5. What actually happens (How Traffic overloads the system)
6. Why is it dangerous for Distributed System
In a distributed system:
Multiple app servers
Auto-scaling
Shared DB
Shared cache
6.1 Problems:
Every app server independently sees the Cache Miss.
Each server triggers the DB Call.
Loads on the DB get multiplied suddenly.
For an Instance let's say you have 10 servers: where each server get approx. 1,00,000 requests. So here in case of Cache Miss you don't get 1,00,000 DB hits you actually get 10,00,000 DB hits simultaneously. This sudden amplications in distributed sytem is very dangerous.
7. Difference between normal spike vs thundering herd
Normal Traffic Spike | Thundering Herd |
1. Traffic increases gradually. | 1. Sudden synchronized Traffic Burst on the system. |
2. Caching works normally and handle the User Requests. | 2. All the Caches expires/fail at the same time resulting in sudden increase in DB Hits. |
3. System scales easily. | 3. System collapses. |
4. This is predictable. | 4. Very hard to Predict. |
Key Difference:
Normal Traffic Spike = Load gradually increases.
Thundering Herd = Synchronized burst caused by system behaviour.

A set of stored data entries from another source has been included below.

//! Workers.

ghost use Rattle.std.specs.Prelude.{◌≡◌, ◌<◌, All, IfOk, length};
ghost use Rattle.shared_book.specs.History.{HasFrozen};
ghost use Rattle.presolve_model.specs.Ledger.{Stands};
ghost use Rattle.book_turns.specs.Turns.{IsPass};
ghost use Rattle.worker_tasks.specs.Tasks.{HoldsChunk};
ghost use Rattle.worker_rounds.specs.Workers.{HasFound, MayBegin};

use instances::Version;
use shared_book::{Pass, SharedBook};
use std::alloc::{AllocError, Global};
use std::sync::Wait;
use std::thread;
use std::thread::Threads;
use txn_book::Book;
use worker_gate::{Gate, Tickets};
use worker_tasks::{Task, Work, do_task};

/// A worker: its pass, and what it has done in the round.
pub type Worker = (Pass<Book>, Work);

/// So many workers, numbered from 0, each with a pass of its own that is cut from this one.
///
/// # Errors
/// Memory ran out.
pub fn hire(
    alloc: Global,
    book: &SharedBook<Book>,
    version: &Version,
    main: &mut Pass<Book>,
    count: u32,
) -> Result<Vec<Worker>, AllocError>
    requires some { 0 < count }
    requires pass { IsPass book.now main.old }
    requires frozen { HasFrozen main.old version.now }
    ensures same { main.new ≡ main.old }
    ensures some { IfOk result (λ workers. 0 < length workers.items) }
    ensures ready { IfOk result (λ workers. All (MayBegin book.now version.now) workers.items) }
{
    let _ = version;
    let mut workers = Vec::new(alloc);
    for number in 0..count {
        let pass = book.split(main, number);
        workers.push((pass, Work::new(alloc)))?;
    }
    Ok(workers)
}

/// A worker does the task of this number, and notes that it is done. Gives how many proposals were answered.
fn do_numbered<R: Wait>(
    rt: &R,
    alloc: Global,
    book: &SharedBook<Book>,
    version: &Version,
    tasks: &[Task],
    number: u64,
    worker: &mut Worker,
) -> Result<u64, AllocError>
    requires stands { Stands book.now.start }
    requires hold { All (HoldsChunk version.now) tasks.now }
    requires inside { number < length tasks.now }
    requires pass { IsPass book.now worker.old.0 }
    requires frozen { HasFrozen worker.old.0 version.now }
    requires found { HasFound version.now tasks.now worker.old.1 }
    ensures pass { IsPass book.now worker.new.0 }
    ensures frozen { HasFrozen worker.new.0 version.now }
    ensures found { HasFound version.now tasks.now worker.new.1 }
{
    let (pass, work) = worker;
    let task = &tasks[number as usize];
    let answered = do_task(rt, alloc, book, pass, version, task, work)?;
    work.finish(number)?;
    Ok(answered)
}

/// A worker draws tasks and does them, until none is left, the book takes no more, or memory runs out.
pub fn do_tasks<R: Wait, G: Gate>(
    rt: &R,
    alloc: Global,
    book: &SharedBook<Book>,
    version: &Version,
    gate: &G,
    tickets: &Tickets,
    tasks: &[Task],
    worker: &mut Worker,
)
    requires stands { Stands book.now.start }
    requires hold { All (HoldsChunk version.now) tasks.now }
    requires pass { IsPass book.now worker.old.0 }
    requires frozen { HasFrozen worker.old.0 version.now }
    requires found { HasFound version.now tasks.now worker.old.1 }
    ensures { HasFound version.now tasks.now worker.new.1 }
{
    let name = worker.0.number();
    for _ in 0..tasks.len() {
        let number = tickets.draw();
        if number >= tasks.len() as u64 {
            return;
        }
        gate.at_task(name, number);
        match do_numbered(rt, alloc, book, version, tasks, number, worker) {
            Ok(answered) => gate.at_answer(name, number, answered),
            Err(AllocError) => {
                worker.1.fail();
                tickets.end();
                return;
            }
        }
        if worker.1.is_over() {
            tickets.end();
        }
    }
}

/// Lets workers do the tasks of a round, each in a thread of its own.
fn let_work<R: Threads + Wait + Sync, G: Gate>(
    rt: &R,
    alloc: Global,
    book: &SharedBook<Book>,
    version: &Version,
    gate: &G,
    tasks: &[Task],
    workers: &mut [Worker],
)
    requires stands { Stands book.now.start }
    requires hold { All (HoldsChunk version.now) tasks.now }
    requires some { 0 < length workers.old }
    requires ready { All (MayBegin book.now version.now) workers.old }
    ensures long { length workers.new ≡ length workers.old }
    ensures found { All (λ worker. HasFound version.now tasks.now worker.1) workers.new }
{
    let tickets = Tickets::new();
    let threads = workers.len();
    thread::for_each_mut(
        rt,
        workers,
        threads,
        &|_, worker: &mut Worker|
            requires stands { Stands book.now.start }
            requires hold { All (HoldsChunk version.now) tasks.now }
            requires pass { IsPass book.now worker.old.0 }
            requires frozen { HasFrozen worker.old.0 version.now }
            requires found { HasFound version.now tasks.now worker.old.1 }
            ensures { HasFound version.entry.now tasks.entry.now worker.new.1 }
        { do_tasks(rt, alloc, book, version, gate, &tickets, tasks, worker) },
    );
}

/// So many workers, with passes that are cut from this one, after they have done the tasks of a round on a version that it froze.
///
/// # Errors
/// Memory ran out.
pub fn worked<R: Threads + Wait + Sync, G: Gate>(
    rt: &R,
    alloc: Global,
    book: &SharedBook<Book>,
    main: &mut Pass<Book>,
    gate: &G,
    count: u32,
    version: &Version,
    tasks: &[Task],
) -> Result<Vec<Worker>, AllocError>
    requires stands { Stands book.now.start }
    requires hold { All (HoldsChunk version.now) tasks.now }
    requires some { 0 < count }
    requires pass { IsPass book.now main.old }
    requires frozen { HasFrozen main.old version.now }
    ensures same { main.new ≡ main.old }
    ensures found { IfOk result (λ workers. All (λ worker. HasFound version.now tasks.now worker.1) workers.items) }
{
    let mut workers = hire(alloc, book, version, main, count)?;
    let_work(
        rt,
        alloc,
        book,
        version,
        gate,
        tasks,
        workers.as_mut_slice(),
    );
    Ok(workers)
}

/// Whether memory ran out for one of them.
pub fn has_failed(workers: &[Worker]) -> bool {
    for worker in workers {
        if worker.1.has_failed() {
            return true;
        }
    }
    false
}

/// Whether the book took no more from one of them.
pub fn is_over(workers: &[Worker]) -> bool {
    for worker in workers {
        if worker.1.is_over() {
            return true;
        }
    }
    false
}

8. Impact on System Components
8.1 CPU
Thread pool exhausted
Context switching increases
System thrashes
8.2 Database
Too many connections
Slow queries
Lock contention
Deadlocks possible
8.3 Cache
Stampede on rebuild
Memory pressure
Increased miss rate
8.4 Latency
Response time spikes
Timeouts
Cascading failures across services
9. Techiniques to prevent or reduce it
9.1 Request Coalescing (Single Flight)
If the system experience sudden 1000 Request for the same data, then Only the First request get access to fetch the data from DB, while other 999 requests wait for the data.
Here rather then 1000 sudden DB Request, you only get 1 DB Request.
9.2 Cache Locking and Mutex
If particular request wants to fetch the data, then first:
It need to acquire a lock.
Only the Lock holder can rebuild the cache.
While other waits for the cache to get updated and being served the stale data.
This mechanism is commonly used in Redis-Based System.
9.3 Staggered Expiry (Jitter / Randomized TTL)
Normally all the Cache sytem have same TTL Expiry as a result they all expired at the same thus increases the DB Load.
Instead of using TTL = 300 seconds for all Keys,
We use TTL = 300 + random(0-30) seconds
Now all the system will have different expiry this preventing the Synchronized expiry. Makes the sytem stable.
9.4 Exponential Backoff
If the client request fail at the first instant, then client retries after:
- 1 sec, 2 sec, 4 sec, 8 sec and so on.
This prevents sudden increase in the System Load for Retrying mechanism.
9.5 Rate Limiting
Apply Limits on:
Request per user.
Request per IP.
Global System Throughput.
This prevents the sudden increase in Traffic which will in System Collapse.